Membedah Ambiguitas Putusan Uji Formil UU Cipta Kerja
Utama

Membedah Ambiguitas Putusan Uji Formil UU Cipta Kerja

Sebagai langkah awal, pembentuk undang-undang diminta harus mencabut UU Cipta Kerja karena sudah terbukti cacat formil. Lalu, DPR dan Pemerintah segera mengubah keseluruhan UU No.12 Tahun 2011 tentang Pembentukan Peraturan Perundang-undangan, khususnya memasukkan metode omnibus law.

Oleh:
Agus Sahbani
Bacaan 7 Menit

“Dengan memutuskan tidak menerima semua pengujian materil, apakah itu berarti Putusan MK 91/2020 telah menjadi dasar terjadinya ‘impunitas konstitusi’ bagi norma-norma dalam UU Cipta Kerja yang berpotensi melanggar UUD 1945?”

Ambigu keempat, karena mencari kompromi yang justru terjebak menjadi tidak tegas, putusan MK menimbulkan multitafsir apakah masih bisa dilaksanakan atau tidak. Ada dua kubu yang berbeda pendapat. Satu pihak berpandangan UU Cipta Kerja masih bisa dilaksanakan dalam 2 tahun. Pihak lain berpendapat UU Cipta Kerja tidak boleh lagi diimplementasikan sama sekali.

Atas dua pendapat itu, sebenarnya MK telah mencoba memberi kejelasan meskipun masih berlaku, pelaksanaan UU Cipta Kerja yang “strategis dan berdampak luas agar ditangguhkan terlebih dahulu. Demikian pula tidak dibenarkan menerbitkan kebijakan “strategis yang dapat berdampak luas”. Lebih jauh, tidak pula dibenarkan membentuk peraturan pelaksana baru.

“Namun, jalan tengah yang ditawarkan MK itu tetap menyisakan ambiguitas dan ketidakjelasan tentang apa batasan sesuatu dikatakan ‘strategis’ dan ‘berdampak luas’?

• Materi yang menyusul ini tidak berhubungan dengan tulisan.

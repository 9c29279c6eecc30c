//! Standard error that fails: each command ends as it would without, and tells nothing.

use crate::given::try_rows;
use yp_stage::{FAIR, Row};

/// The input is one byte, and each first call but those of files fails, that of the note, too.
const USAGE: Row = Row {
    name: "usage",
    words: &["frob"],
    text: "#",
    writes: 0,
    notes: 0,
    dials: 0,
    inbox: 0,
    code: 2,
    ..FAIR
};

/// No version, a record that is torn, and wires that don't come. The tables of the other commands have this row, too.
static ROWS: [Row; 12] = [
    USAGE,
    Row {
        name: "once",
        words: &["once", "lab/hosts.byname"],
        code: 5,
        ..USAGE
    },
    Row {
        name: "session",
        words: &["session", "m1", "127.0.0.1:40000", "lab/hosts.byname"],
        code: 5,
        ..USAGE
    },
    Row {
        name: "cat",
        words: &["cat", "10.0.0.1:834", "lab", "hosts.byname"],
        code: 15,
        ..USAGE
    },
    Row {
        name: "catk",
        words: &["catk", "10.0.0.1:834", "lab", "hosts.byname"],
        code: 15,
        ..USAGE
    },
    Row {
        name: "match",
        words: &["match", "10.0.0.1:834", "lab", "hosts.byname", "alpha"],
        code: 15,
        ..USAGE
    },
    Row {
        name: "which",
        words: &["which", "10.0.0.1:834", "lab", "hosts.byname"],
        code: 15,
        ..USAGE
    },
    Row {
        name: "poll",
        words: &["poll", "10.0.0.1:834", "lab", "hosts.byname"],
        code: 15,
        ..USAGE
    },
    Row {
        name: "maps",
        words: &["maps", "10.0.0.1:834", "lab"],
        code: 15,
        ..USAGE
    },
    Row {
        name: "pull",
        words: &["pull", "10.0.0.1:834", "lab", "hosts.byname", "m1"],
        code: 15,
        ..USAGE
    },
    Row {
        name: "make",
        words: &["make", "10.0.0.1:834", "lab", "hosts.byname"],
        code: 15,
        ..USAGE
    },
    Row {
        name: "innetgr",
        words: &["innetgr", "10.0.0.1:834", "lab", "a", "*", "joe", "*"],
        code: 15,
        ..USAGE
    },
];

#[test]
fn note_is_not_written(rt: HostRuntime) {
    try_rows(&rt, rt.alloc(), &ROWS);
}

Ambigu Kelima, dalam Putusan MK 91/2020 ini Mahkamah terlihat sangat kokoh menerapkan formalitas pembuatan undang-undang, termasuk dengan sangat baik mengkritisi minimnya ruang partisipasi publik dalam lahirnya UU Cipta Kerja. Namun, sayangnya MK tidak menerapkan standar yang sama ketika menguji formil perubahan Undang-Undang KPK dan perubahan Undang-Undang Minerba, yang juga super kilat dan senyatanya menihilkan public participation.

“Terjadi disparitas antara hasil putusan yang teramat jauh. Jika mengacu pada Putusan MK 91/2020, seharusnya kedua perubahan UU KPK dan Minerba itupun dinyatakan bertentangan dengan UUD 1945 dan tidak mempunyai kekuatan hukum mengikat,” kritiknya lagi.

Meski begitu, bagaimanapun Putusan MK 91/2020 sudah final dan berkekuatan hukum tetap (final and binding) dan mau tidak mau harus dihormati. “Sekarang tersisa solusinya untuk pembuat undang-undang (Presiden, DPR, dan DPD) untuk segera melakukan perubahan atas UU Pembentukan Peraturan Perundangan-undangan yang mengadopsi metode sapu jagat (omnibus law).

“Ini bisa menjadi landasan baku perbaikan UU Cipta Kerja. Lebih penting lagi, materi UU Cipta Kerja juga harus sesuai dengan aspirasi kepentingan publik, bukan mengabdi pada kepentingan investasi semata yang menegasikan daulat dan hati rakyat pemilik Republik ini.”